Well, the light was used on two bikes in the end, The result was that our night lap times were within fractions of our daylight times. I was certainly aware of charging on the downhill sections and passing better cyclists who had overtaken me on the climb-up. This was not only due to having more light, but as I got closer, my lights dwarfed theirs, and as they were attached to my wiggling handlebars, the rider infront was "strobed" until he fell off or let me past. Although not as funny as a guy who was caught on a road section, looked back at the lights, got dazzled, thought it was a car and cycled into the bushes at the side of the road. (a little unkind - but at 4am and into your 5th hour riding you arent exactly yourself)
£100 ~$200 split pretty evenly between the head unit and the batter/charger
but thats not counting one dud shark, two LEDs (ripped off gummy domes) the bunch of reflectors and lenses and current limiters I didnt use and the Epoxy and metal and the diesel to drive to the milling machine.
But it was fun
Last edited by Doh!Nut; 08-02-2007 at 09:49 AM.
Very nice work Doh!Nut !!! (A light like this really deserves a name too )
A successful project from your night lap times, part about the guy riding into the bushes is too funny (hope he wasn't hurt).

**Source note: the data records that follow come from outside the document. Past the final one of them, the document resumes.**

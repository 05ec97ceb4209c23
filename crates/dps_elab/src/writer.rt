//! Sides written out within limits on their nodes.
ghost use Rattle.std.specs.Prelude.{◌≡◌, ◌-◌, ◌<◌, ◌≤◌, ◌^◌, ◌∷◌, [], length, vec_len, true, IfOk};
ghost use Rattle.std.specs.Option.{option_copied};
ghost use Rattle.dps_scopes.specs.Body.{nil, bodies, input, output, conditional, bind};
ghost use Rattle.dps_scopes.specs.Views.{shown};
ghost use Rattle.dps_elab.specs.Expansion.{nothing, expansion_of};
ghost use Rattle.dps_elab.specs.Limits.{is_too_large};
ghost use Rattle.dps_elab.specs.Turns.{chain_of, IsCounted};

use crate::local::Local;
use crate::made::{bind_of, conditional_of, joined, output_of};
use crate::settle::{Join, Scope, settle};
use crate::{ChannelUse, PrivateUse, Stop};
use dps_process::Process;
use dps_scopes::{Body, BodyView, Channel, Definition, Step, Written};
use dps_terms::Sym;
use std::alloc::Global;

/// How many process and term nodes a side may have.
const MOST_NODES: u32 = 65_536;

/// How many of them may be on one path.
const MOST_ON_A_PATH: u32 = 1_000;

/// The number of the first bound variable.
const FIRST_VARIABLE: u64 = 1 << 63;

/// How a value is taken apart: the steps that are left, the body where it fits, the body where it does not (or `0`), and
/// how much of the stack is outside the pattern.
#[derive(Clone, Copy)]
pub(crate) struct Pattern<'a> {
    steps: &'a [Step],
    then: &'a Body,
    otherwise: Option<&'a Body>,
    outside: usize,
}

/// What writes sides: the locals, what was found, the numbers that come next, and how many nodes are left.
#[derive(Drop)]
pub(crate) struct Writer<'a> {
    pub(crate) stack: Vec<Local<'a>>,
    pub(crate) channels: Vec<ChannelUse>,
    pub(crate) privates: Vec<PrivateUse>,
    pub(crate) variable: u64,
    pub(crate) name: u64,
    pub(crate) nodes_left: u32,
}
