//! The faults of names.
ghost use Rattle.std.specs.Prelude.{◌≡◌, Err};
ghost use Rattle.dps_scopes.specs.Faults.{place_of};

use dps_lex::Place;
use dps_syntax::Leaf;
use std::alloc::{AllocError, AllocFailed};
use thiserror::Error;

/// What is wrong with a name, a number or a tuple of a file.
#[derive(Clone, Copy, PartialEq, Eq, Debug)]
pub enum NameCause {
    /// A name that is declared already, or that stands twice in one list of parameters or one pattern.
    NameTwice,
    /// A declared name that begins with `proj_`, or is `ax` followed by digits.
    ReservedName,
    /// An identifier that nothing declares.
    UnknownName,
    /// A name with more or fewer arguments than it takes.
    WrongArity,
    /// A process where a term has to stand, or a term where a process has to stand.
    WrongKind,
    /// More than eight arguments or members.
    LargeArity,
    /// A private name in a rule.
    PrivateInRule,
    /// No copies, or more than 64.
    BadCopies,
}

/// The first fault of a file's names, and where it stands.
#[derive(Clone, Copy, PartialEq, Eq, Debug)]
pub struct NameFault {
    pub place: Place,
    pub cause: NameCause,
}

/// Why a file has no program.
#[derive(Clone, Copy, PartialEq, Eq, Debug, Error)]
pub enum NameRefusal {
    /// The first fault of its names.
    #[error("{:?} at {}:{}", .0.cause, .0.place.line, .0.place.column)]
    Fault(NameFault),
    /// Out of memory.
    #[error("no memory")]
    Memory,
}

impl From<AllocError> for NameRefusal {
    ghost use Rattle.std.specs.Prelude.{◌≡◌};
    ghost use Rattle.dps_scopes.specs.declared.fault.NameRefusal.TheVariants.{Memory};

    ghost from_gives = { λ _ refusal. refusal ≡ Memory };

    fn from(_error: AllocError) -> NameRefusal {
        NameRefusal::Memory
    }
}

impl<T: Drop> From<AllocFailed<T>> for NameRefusal {
    ghost use Rattle.std.specs.Prelude.{◌≡◌};
    ghost use Rattle.dps_scopes.specs.declared.fault.NameRefusal.TheVariants.{Memory};

    ghost from_gives = { λ _ refusal. refusal ≡ Memory };

    fn from(_error: AllocFailed<T>) -> NameRefusal {
        NameRefusal::Memory
    }
}

/// Where a token stands.
pub fn place_of(leaf: &Leaf) -> Place
    ensures { result ≡ place_of leaf.now }
{
    Place {
        line: leaf.line,
        column: leaf.column,
    }
}

/// This fault, at a token.
pub fn fault_at<T>(cause: NameCause, leaf: &Leaf) -> Result<T, NameRefusal>
    ensures { result ≡ Err (NameRefusal.Fault (record { place = place_of leaf.now; cause = cause })) }
{
    Err(NameRefusal::Fault(NameFault {
        place: place_of(leaf),
        cause,
    }))
}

Your picasa gallery shows the Shark driver with stock potentiometer in place, have you considered a remote mounted 20K pot or Remora UI board? This would allow brightness adjustment when max output isn't needed, helping extend battery life and lumen maintenance as well. As if this weren't bright enough already, your light will be be even more incredible when the 135 lu/W P4's are released !!!
To link the images, uploading to a free host like imageshack.us works well, they provide the link code for you to cut and paste into CPF. You can also use the IMG tags too, just type [IMG] before your image URL and close with [/IMG] and it'll show the pic in your post.

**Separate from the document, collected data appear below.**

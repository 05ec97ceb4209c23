//! Terms of processes. Each function reads the parts of one production.
ghost use Rattle.std.specs.Prelude.{◌≡◌, ◌≤◌, ◌<◌, ◌+◌, [], ◌∷◌, length, vec_len, IfOk, IfErr, OnOk};
ghost use Rattle.dps_terms.specs.Tree.{private, var};
ghost use Rattle.dps_syntax.specs.Parts.{parts_of};
ghost use Rattle.dps_scopes.specs.Outcome.{Answers};
ghost use Rattle.dps_scopes.specs.Blocks.{blocks};
ghost use Rattle.dps_scopes.specs.Terms.{term, terms, count_inner, written, applied, name_written, identifier_as, tuple_of, identifier, the_first};
ghost use Rattle.dps_scopes.specs.Scopes.{IsMeaningOver};
ghost use Rattle.dps_scopes.specs.Growth.{GrowsByTuples};

use crate::definitions::Definitions;
use crate::fault::{fault_at, place_of};
use crate::meaning::{Meaning, meaning_of};
use crate::parts::{count_inner, is_kind};
use crate::scope::Scope;
use crate::signature::{SignatureBuilder, projection_symbol, tuple_symbol};
use crate::{NameCause, NameRefusal, Use, Written};
use dps_lex::TokenKind;
use dps_syntax::{Leaf, Part};
use dps_terms::{NoMemory, PublicName, Sym, Term};
use std::alloc::{AllocError, Global};

/// The greatest arity, and the greatest length of a tuple.
pub const MOST_ARGUMENTS: usize = 8;

/// `var i`, for a local.
fn local_written(alloc: Global, number: usize) -> Result<Written, NoMemory>
    ensures { IfOk result (λ w. w ≡ written (var number) (Use.Local number ∷ [])) }
{
    Ok(Written {
        tree: Term::var(alloc, number as u64)?,
        uses: vec![in alloc; Use::Local(number)]?,
    })
}

/// The first private name, of which nothing is used: what no text writes. A private name may stand in any scope.
fn nothing_written(alloc: Global) -> Result<Written, NoMemory>
    ensures { IfOk result (λ w. w ≡ written (private 0) []) }
{
    Ok(Written {
        tree: Term::private(alloc, 0)?,
        uses: Vec::new(alloc),
    })
}

/// A declared name. A private one is written as its number among the private ones.
fn name_written(
    alloc: Global,
    signature: &SignatureBuilder,
    leaf: &Leaf,
    number: u32,
    private: bool,
) -> Result<Written, NoMemory>
    requires { number < length signature.now.names }
    ensures { IfOk result (λ w. w ≡ name_written signature.now leaf.now number private) }
{
    if private {
        Ok(Written {
            tree: Term::private(alloc, signature.signature().private_number(number))?,
            uses: vec![in alloc; Use::PrivateName(number, place_of(leaf))]?,
        })
    } else {
        Ok(Written {
            tree: Term::public(alloc, PublicName::Declared(number))?,
            uses: Vec::new(alloc),
        })
    }
}

/// A symbol over terms, of which there are at most eight.
#[tactic(auto, using(crate::proofs::Applying::for_applied))]
fn applied(alloc: Global, sym: Sym, arguments: Vec<Written>) -> Result<Written, NoMemory>
    requires { vec_len arguments ≤ 8 }
    ensures { IfOk result (λ w. w ≡ applied sym arguments.items) }
{
    let mut trees = Vec::with_capacity(alloc, arguments.len())?;
    let mut uses = Vec::new(alloc);
    for argument in arguments {
        let Written { tree, uses: used } = argument;
        trees.push(tree)?;
        uses.extend_from_slice(used.as_slice())?;
    }
    Ok(Written {
        tree: Term::app(alloc, sym, trees)?,
        uses,
    })
}

/// What a term says: Term = id [ "(" [ Term { "," Term } ] ")" ] | "(" Term { "," Term } ")"
///
/// The symbols of a tuple or projection that is new are added to the signature. The error is the first fault of the term's
/// names, or out of memory.
#[cycle(term)]
#[tactic(auto, using(crate::proofs::Growth::for_terms))]
pub fn term(
    alloc: Global,
    definitions: &Definitions,
    scope: &Scope<'_>,
    parts: &[Part],
    signature: &mut SignatureBuilder,
) -> Result<Written, NameRefusal>
    ensures found { Answers (λ w. w) signature.new result (term definitions.now (blocks scope.now) (parts_of parts.now) signature.old) }
    ensures grown { GrowsByTuples signature.old signature.new }
{
    match parts {
        [] => Ok(nothing_written(alloc)?),
        [Part::Inner(tree), ..] => {
            term(alloc, definitions, scope, tree.parts.as_slice(), signature)
        }
        [Part::Token(leaf), rest @ ..] => {
            if is_kind(leaf, TokenKind::Identifier) {
                let meaning = meaning_of(definitions, scope, &*signature, leaf.text.as_str())?;
                identified(alloc, definitions, scope, leaf, rest, meaning, signature)
            } else {
                bracketed(alloc, definitions, scope, leaf, rest, signature)
            }
        }
    }
}

/// An identifier with what it means, and the arguments behind it.
#[cycle(term)]
#[tactic(auto, using(crate::proofs::Growth::for_applied))]
fn identified(
    alloc: Global,
    definitions: &Definitions,
    scope: &Scope<'_>,
    leaf: &Leaf,
    arguments: &[Part],
    meaning: Meaning,
    signature: &mut SignatureBuilder,
) -> Result<Written, NameRefusal>
    requires { IsMeaningOver signature.old meaning }
    ensures found { Answers (λ w. w) signature.new result (identifier_as leaf.now (count_inner (parts_of arguments.now)) (terms definitions.now (blocks scope.now) (parts_of arguments.now)) signature.old meaning) }
    ensures grown { GrowsByTuples signature.old signature.new }
{
    let count = count_inner(arguments);
    match meaning {
        Meaning::Local(number) => {
            if count != 0 {
                return fault_at(NameCause::WrongArity, leaf);
            }
            Ok(local_written(alloc, number)?)
        }
        Meaning::Name(number, private) => {
            if count != 0 {
                return fault_at(NameCause::WrongArity, leaf);
            }
            Ok(name_written(alloc, &*signature, leaf, number, private)?)
        }
        Meaning::Function(sym, arity) => {
            if count != arity as usize || MOST_ARGUMENTS < count {
                return fault_at(NameCause::WrongArity, leaf);
            }
            let arguments = terms(alloc, definitions, scope, arguments, signature)?;
            Ok(applied(alloc, sym, arguments)?)
        }
        Meaning::Process(_, _) => fault_at(NameCause::WrongKind, leaf),
        Meaning::Projection(projection) => {
            if count != 1 {
                return fault_at(NameCause::WrongArity, leaf);
            }
            let tuple = tuple_symbol(alloc, signature, projection.length)?;
            let sym = projection_symbol(tuple, projection.index)?;
            let arguments = terms(alloc, definitions, scope, arguments, signature)?;
            Ok(applied(alloc, sym, arguments)?)
        }
        Meaning::Unknown => fault_at(NameCause::UnknownName, leaf),
    }
}

/// Brackets round one term are nothing, and round several they are a tuple.
#[cycle(term)]
#[tactic(auto, using(crate::proofs::Growth::for_brackets))]
fn bracketed(
    alloc: Global,
    definitions: &Definitions,
    scope: &Scope<'_>,
    leaf: &Leaf,
    members: &[Part],
    signature: &mut SignatureBuilder,
) -> Result<Written, NameRefusal>
    ensures found { Answers (λ w. w) signature.new result (tuple_of (count_inner (parts_of members.now)) (terms definitions.now (blocks scope.now) (parts_of members.now)) signature.old leaf.now) }
    ensures grown { GrowsByTuples signature.old signature.new }
{
    let count = count_inner(members);
    if count <= 1 {
        let members = terms(alloc, definitions, scope, members, signature)?;
        return Ok(first_of(alloc, members)?);
    }
    if MOST_ARGUMENTS < count {
        return fault_at(NameCause::LargeArity, leaf);
    }
    let sym = tuple_symbol(alloc, signature, count as u32)?;
    let members = terms(alloc, definitions, scope, members, signature)?;
    Ok(applied(alloc, sym, members)?)
}

/// The first of some terms.
fn first_of(alloc: Global, terms: Vec<Written>) -> Result<Written, NoMemory>
    ensures { IfOk result (λ w. w ≡ the_first terms.items) }
{
    match terms.into_iter().next() {
        Some(first) => Ok(first),
        None => nothing_written(alloc),
    }
}

/// The terms in a row, between signs. The error is the first fault of their names, or out of memory.
#[cycle(term)]
#[tactic(auto, using(crate::proofs::Rows::for_rows, crate::proofs::Growth::for_rows))]
pub fn terms(
    alloc: Global,
    definitions: &Definitions,
    scope: &Scope<'_>,
    parts: &[Part],
    signature: &mut SignatureBuilder,
) -> Result<Vec<Written>, NameRefusal>
    ensures count { IfOk result (λ v. vec_len v ≡ count_inner (parts_of parts.now)) }
    ensures found { Answers (λ v. v.items) signature.new result (terms definitions.now (blocks scope.now) (parts_of parts.now) signature.old) }
    ensures grown { GrowsByTuples signature.old signature.new }
{
    let mut found = Vec::new(alloc);
    for part in parts {
        let Part::Inner(tree) = part else {
            continue;
        };
        let written = term(alloc, definitions, scope, tree.parts.as_slice(), signature)?;
        found.push(written)?;
    }
    Ok(found)
}

/// An identifier alone, as in a channel's place. The error is its fault, or out of memory.
#[tactic(auto, using(crate::proofs::Growth::for_terms))]
pub fn identifier(
    alloc: Global,
    definitions: &Definitions,
    scope: &Scope<'_>,
    leaf: &Leaf,
    signature: &mut SignatureBuilder,
) -> Result<Written, NameRefusal>
    ensures found { Answers (λ w. w) signature.new result (identifier definitions.now (blocks scope.now) leaf.now signature.old) }
    ensures grown { GrowsByTuples signature.old signature.new }
{
    let meaning = meaning_of(definitions, scope, &*signature, leaf.text.as_str())?;
    identified(alloc, definitions, scope, leaf, &[], meaning, signature)
}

Nice simple and robust looking design. I do wonder about heat dissipation, since you have 5 LED's. The aluminium bar that you have attached them to will have a nice bit of thermal mass but in the end you still need to get rid if the heat and for that you need surface area.
You should post your design up on the SingleTrackWorld forum.
Two points were well made, cooling is not as efficient as it could be (surface area/mass) and there is only one power level.
The original design was to have a much lighter backplate but have a direct metal to metal link with the handlebars via metal end-plates, effectively using the bike as a heatsink, when I realised I would have to swap the light between bikes I decided to use the plastic quick releases. Certainly there is some scope in thinnning the back plate and bonding on a proper heatsink.
Having said that the light only got hot on the long slow climb, by which I mean noticably warmer than the handle bars but no-where near uncomfortable. A quick downhill blast would bring the temperature down very quickly.
The remora is nice but if I understand its use correctly you can only select the power level on start-up and must turn it off for 5 second to re-select. What I think is needed is a high/low switch changing between two pre-set resistances in-place of the potentiometer.